Pornografinin cinsellik üzerinde hiçbir etkisi yok mu? Gençler için bu konuda endişelenirken yetişkinleri neden es geçiyoruz?
Pornografik filmleri izlemek sıradan bir şey gibi görünüyor, 18-69 yaş arası erkeklerin %92’si, kadınlarınsa %73’ü daha önce benzer bir içerik izlediğini söylüyor.

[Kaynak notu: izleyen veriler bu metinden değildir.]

impl<'a> TypeTree<'a> {
    /// The types of a legal program with these classes. Follows the bases of each class once. The only error is out of memory.
    pub fn new(
        tree: &'a Tree,
        classes: &'a [ResolvedClass],
        alloc: Global,
    ) -> Result<Self, NoMemory>
        requires { AreClasses tree.now classes.now }
        ensures { IfOk result (λ t. t ≡ tree.now) }
    {
        let without_lines = TypeTree {
            lines: Lines::none(tree, alloc),
            classes,
        };
        let rows = without_lines.rows(alloc)?;
        Ok(TypeTree {
            lines: Lines::of(tree, rows),
            classes,
        })
    }

    /// The element above another, with any brackets after both; none above an element that has one only with brackets after it.
    fn element_above(&self, element: ResolvedElement) -> Option<ResolvedElement>
        ensures { IfSome result (λ above. (brackets : ℕ) → parent_at self.now (element_named self.now element) brackets ≡ Some (record { element = element_named self.now above; brackets = brackets })) }
    {
        match element {
            ResolvedElement::Class(number) => Some(self.base_element(number)),
            ResolvedElement::String => Some(ResolvedElement::Object),
            ResolvedElement::Object | ResolvedElement::Int32 | ResolvedElement::Int64 => None,
        }
    }

    fn count_classes(&self) -> usize {
        self.classes.len()
    }

    /// The elements from a class's on, each above the one before it. The only error is out of memory.
    fn line_from(&self, class: usize, alloc: Global) -> Result<Vec<ResolvedElement>, NoMemory>
        ensures { IfOk result (λ line. IsLine self.now class line.items) }
    {
        let mut line = Vec::new(alloc);
        let mut here = ResolvedElement::Class(class);
        for step in 0..self.count_classes() {
            line.push(here)?;
            match self.element_above(here) {
                None => return Ok(line),
                Some(above) => here = above,
            }
        }
        Ok(line)
    }

    /// The same of each class. The only error is out of memory.
    fn rows(&self, alloc: Global) -> Result<Vec<Vec<ResolvedElement>>, NoMemory>
        ensures { IfOk result (λ rows. AreLines self.now (map (λ row. row.items) rows.items)) }
    {
        let mut rows = Vec::new(alloc);
        for class in 0..self.count_classes() {
            rows.push(self.line_from(class, alloc)?)?;
        }
        Ok(rows)
    }

    /// Whether a type is seen at once to be above another.
    fn is_above(&self, above: ResolvedType, below: ResolvedType) -> bool
        ensures { result ≡ true → IsBelow self.now (OnStack.Declared (type_named self.now below)) (OnStack.Declared (type_named self.now above)) }
    {
        self.lines.is_above(above, below)
    }

    /// The type itself; in place of a number that is no class's, System.Object's.
    fn without_null(&self, t: ResolvedType) -> ResolvedType
        ensures known { is_known self.now result.element ≡ true }
        ensures same { type_named self.now result ≡ type_named self.now t }
    {
        let ResolvedElement::Class(number) = t.element else {
            return t;
        };
        if number < self.classes.len() {
            return t;
        }
        ResolvedType {
            element: ResolvedElement::Class(0),
            brackets: t.brackets,
        }
    }

    /// The class with this number.
    pub fn class(&self, number: usize) -> Option<&ResolvedClass>
        ensures found { IfSome result (λ class. IsClassAt self.now number class.now) }
        ensures beyond { result ≡ None → class_name self.now number ≡ None }
        ensures legal { IsLegal self.now }
    {
        item_at(self.classes, number)
    }

    /// The element of a class's parent: its base, or `object`.
    fn base_element(&self, number: usize) -> ResolvedElement
        ensures named { element_named self.now result ≡ parent_element (base_of self.now (class_named self.now number)) }
        ensures known { is_known self.now result ≡ true }
    {
        match self.class(number) {
            None => ResolvedElement::Object,
            Some(class) => match class.base {
                None => ResolvedElement::Object,
                Some(base) => element_of_class(base),
            },
        }
    }

    /// The parent of a type (this profile). `object`, `int32` and `int64` have none.
    pub fn parent(&self, t: ResolvedType) -> Option<ResolvedType>
        ensures named { option_map (type_named self.now) result ≡ parent self.now (type_named self.now t) }
        ensures known { IfSome result (λ p. is_known self.now p.element ≡ true) }
    {
        match t.element {
            ResolvedElement::Class(number) => Some(ResolvedType {
                element: self.base_element(number),
                brackets: t.brackets,
            }),
            ResolvedElement::String => Some(objects(t.brackets)),
            ResolvedElement::Object | ResolvedElement::Int32 | ResolvedElement::Int64 => {
                parent_of_array(t)
            }
        }
    }

    /// More parents than a type has above it.
    fn most_steps(&self, t: ResolvedType) -> usize
        ensures enough { longest_chain self.now + t.brackets + 2 ≤ result }
        ensures legal { IsLegal self.now }
    {
        self.classes.len() + t.brackets as usize + 2
    }

    /// How many parents a type has above it.
    fn depth(&self, t: ResolvedType) -> usize
        ensures { IsDepth self.now (type_named self.now t) result }
    {
        let most = self.most_steps(t);
        let mut here = t;
        for step in 0..most {
            match self.parent(here) {
                None => return step,
                Some(parent) => here = parent,
            }
        }
        most
    }

    /// The type that is `steps` parents up.
    fn ancestor(&self, t: ResolvedType, steps: usize) -> Option<ResolvedType>
        requires { is_known self.now t.element ≡ true }
        ensures named { option_map (type_named self.now) result ≡ ancestor self.now steps (type_named self.now t) }
        ensures known { IfSome result (λ a. is_known self.now a.element ≡ true) }
    {
        let mut here = t;
        for step in 0..steps {
            here = self.parent(here)?;
        }
        Some(here)
    }

    /// The closest type above two others that have the same number of parents above them. Both chains are climbed together.
    fn merged_at_one_depth(&self, first: ResolvedType, second: ResolvedType) -> Option<ResolvedType>
        requires first { is_known self.now first.element ≡ true }
        requires second { is_known self.now second.element ≡ true }
        requires level { AreLevel self.now (type_named self.now first) (type_named self.now second) }
        ensures { IsMerged self.now (Declared first) (Declared second) (option_map Declared result) }
    {
        let mut here = first;
        let mut there = second;
        for step in 0..self.most_steps(first) {
            if is_same(here, there) {
                return Some(here);
            }
            let one = self.parent(here)?;
            let other = self.parent(there)?;
            here = one;
            there = other;
        }
        None
    }

    /// The type that is `steps` parents up, where it is seen at once: in the line of its element, or beyond it `object` with fewer
    /// brackets.
    fn up(&self, t: ResolvedType, steps: usize) -> Option<ResolvedType>
        ensures { IfSome result (λ above. ancestor self.now steps (type_named self.now t) ≡ Some (type_named self.now above)) }
    {
        match self.lines.up(t.element, steps) {
            Some(element) => Some(ResolvedType {
                element,
                brackets: t.brackets,
            }),
            None => self.object_up(t, steps),
        }
    }

    /// The `object` that is `steps` parents up, beyond the line of a type's element.
    fn object_up(&self, t: ResolvedType, steps: usize) -> Option<ResolvedType>
        ensures { IfSome result (λ above. ancestor self.now steps (type_named self.now t) ≡ Some (type_named self.now above)) }
    {
        let last = self.lines.length_from(t.element).saturating_sub(1);
        let top = self.lines.up(t.element, last)?;
        let fewer = steps.saturating_sub(last);
        if fewer == 0 || has_element_above(top) {
            return None;
        }
        fewer_brackets(t.brackets, fewer)
    }

    /// Whether two types have the same type above them at a height, counted from their tops. Its contract says nothing.
    fn is_shared(&self, first: ResolvedType, second: ResolvedType, height: usize) -> bool {
        let one = self.up(first, self.lines.height(first).saturating_sub(height));
        let other = self.up(second, self.lines.height(second).saturating_sub(height));
        one == other
    }

    /// How many types two others share, counted from their tops, by halves. Its contract says nothing: the types that it leads to are tested.
    fn shared_depth(&self, first: ResolvedType, second: ResolvedType) -> usize {
        let mut least = 0;
        let mut most = self.lines.height(first).min(self.lines.height(second));
        while least < most {
            let middle = most - (most - least) / 2;
            if self.is_shared(first, second, middle) {
                least = middle;
            } else {
                most = middle - 1;
            }
        }
        least
    }

    /// The last type on the way up from another that is not among the `shared` types at its top, and the first that is, where they are seen.
    fn fork(&self, t: ResolvedType, shared: usize) -> Option<Fork>
        ensures legal { IfSome result (λ _. IsLegal self.now) }
        ensures known { IfSome result (λ fork. is_known self.now fork.below.element ≡ true) }
        ensures steps { IfSome result (λ fork. IsFork self.now (type_named self.now t) (type_named self.now fork.below) (type_named self.now fork.above)) }
    {
        let height = self.lines.height(t);
        let steps = height.saturating_sub(shared).checked_sub(1)?;
        let below = self.up(t, steps)?;
        let above = self.up(t, steps + 1)?;
        Some(Fork {
            below: self.without_null(below),
            above,
        })
    }

    /// The type in which the ways up from two others meet, where it is seen: it is above both, and the types below it on the two ways
    /// differ.
    fn meet(&self, first: ResolvedType, second: ResolvedType) -> Option<ResolvedType>
        ensures { IfSome result (λ above. IsMerged self.now (Declared first) (Declared second) (Some (Declared above))) }
    {
        let shared = self.shared_depth(first, second);
        let one = self.fork(first, shared)?;
        let other = self.fork(second, shared)?;
        if !is_same(one.above, other.above) || is_same(one.below, other.below) {
            return None;
        }
        Some(one.above)
    }

    /// The closest type above two others. Mostly they are one, or one of them is above the other, or it is seen where they meet. Otherwise
    /// the deeper one is brought to the depth of the other, and both chains are climbed.
    fn merged_types(&self, first: ResolvedType, second: ResolvedType) -> Option<ResolvedType>
        requires first { is_known self.now first.element ≡ true }
        requires second { is_known self.now second.element ≡ true }
        ensures { IsMerged self.now (Declared first) (Declared second) (option_map Declared result) }
    {
        if is_same(first, second) {
            return Some(first);
        }
        if self.is_above(first, second) {
            return Some(first);
        }
        if self.is_above(second, first) {
            return Some(second);
        }
        if let Some(met) = self.meet(first, second) {
            return Some(met);
        }
        let one_depth = self.depth(first);
        let other_depth = self.depth(second);
        let one = self.ancestor(first, one_depth.saturating_sub(other_depth))?;
        let other = self.ancestor(second, other_depth.saturating_sub(one_depth))?;
        self.merged_at_one_depth(one, other)
    }

    /// The most classes that a chain has.
    fn longest_chain(&self) -> usize
        ensures { result ≡ longest_chain self.now }
    {
        self.classes.len().saturating_sub(2)
    }

    /// Whether a class is another, or lists it, or has a base of which that holds.
    fn is_class_assignable(&self, from: usize, to: usize) -> bool
        requires from { is_known self.now (Class from) ≡ true }
        requires to { is_known self.now (Class to) ≡ true }
        ensures { result ≡ is_class_assignable self.now (class_named self.now from) (class_named self.now to) }
    {
        let mut here = from;
        for step in 0..self.longest_chain() {
            let Some(class) = self.class(here) else {
                return false;
            };
            if is_or_lists(here, class, to) {
                return true;
            }
            match class.base {
                None => return false,
                Some(base) => here = base.number(),
            }
        }
        false
    }

    /// Whether a value of the first type may be given where the second is expected (ECMA-335 I.8.7).
    pub fn is_assignable(&self, from: ResolvedType, to: ResolvedType) -> bool
        ensures { result ≡ is_assignable self.now (type_named self.now from) (type_named self.now to) }
    {
        let one = self.without_null(from);
        let other = self.without_null(to);
        match one.test_for(other) {
            TypeTest::Answered(answer) => answer,
            TypeTest::OfClasses { from, to } => self.is_class_assignable(from, to),
        }
    }

    /// The closest common ancestor of two entries (ECMA-335 III.1.8.1.3; the tree is this profile's). None where no type is above
    /// both, as above `int32` and a reference.
    pub fn merge(&self, first: StackEntry, second: StackEntry) -> Option<StackEntry>
        ensures { IsMerged self.now first second result }
    {
        match (first, second) {
            (StackEntry::Declared(one), StackEntry::Declared(other)) => {
                let merged = self.merged_types(self.without_null(one), self.without_null(other))?;
                Some(StackEntry::Declared(merged))
            }
            (StackEntry::Null, StackEntry::Declared(t)) => merged_with_null(t),
            (StackEntry::Declared(t), StackEntry::Null) => merged_with_null(t),
            (StackEntry::Null, StackEntry::Null) => Some(StackEntry::Null),
            (StackEntry::NativeInt, StackEntry::NativeInt) => Some(StackEntry::NativeInt),
            _ => None,
        }
    }
}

Bu kadar fazla tüketilen bir içeriğin günlük hayatımıza hiçbir etkisinin olmadığı düşünülebilir mi? Yıllar boyunca her gün, her hafta, her ay zihnimizde belirli bir imgeyle mastürbasyon yaptıktan sonra beynimizin bu imgeyi yinelememesi mümkün olabilir mi?
Sosyolog Florian Vörös, uzun bir geçmişe dayanan araştırmaları sonucunda pornografinin şu algıyı yarattığını söylüyor: “Erkeklerin cinselliği, tarihin ve toplumun değiştiremeyeceği doğal bir güç olarak tasavvur ediliyor. Bu nedenle, doğası gereği güçlü, katı, değişmez ve kontrol edilemez olacaktır. Buna karşılık, kadınsı arzu daha esnek ve daha ilişkisel olarak algılanıyor.”
Pornografi, daha ilk izlemede erkek kimliğinin birleşenlerinden birini oluşturuyor: Bu yetişkinliğe geçiş ritüeli aracılığıyla, ergenler (veya çocuklar) sosyal tabuları aşıyor, ebeveyn otoritesinden kaçıyor, kendi bedenlerini keşfediyor…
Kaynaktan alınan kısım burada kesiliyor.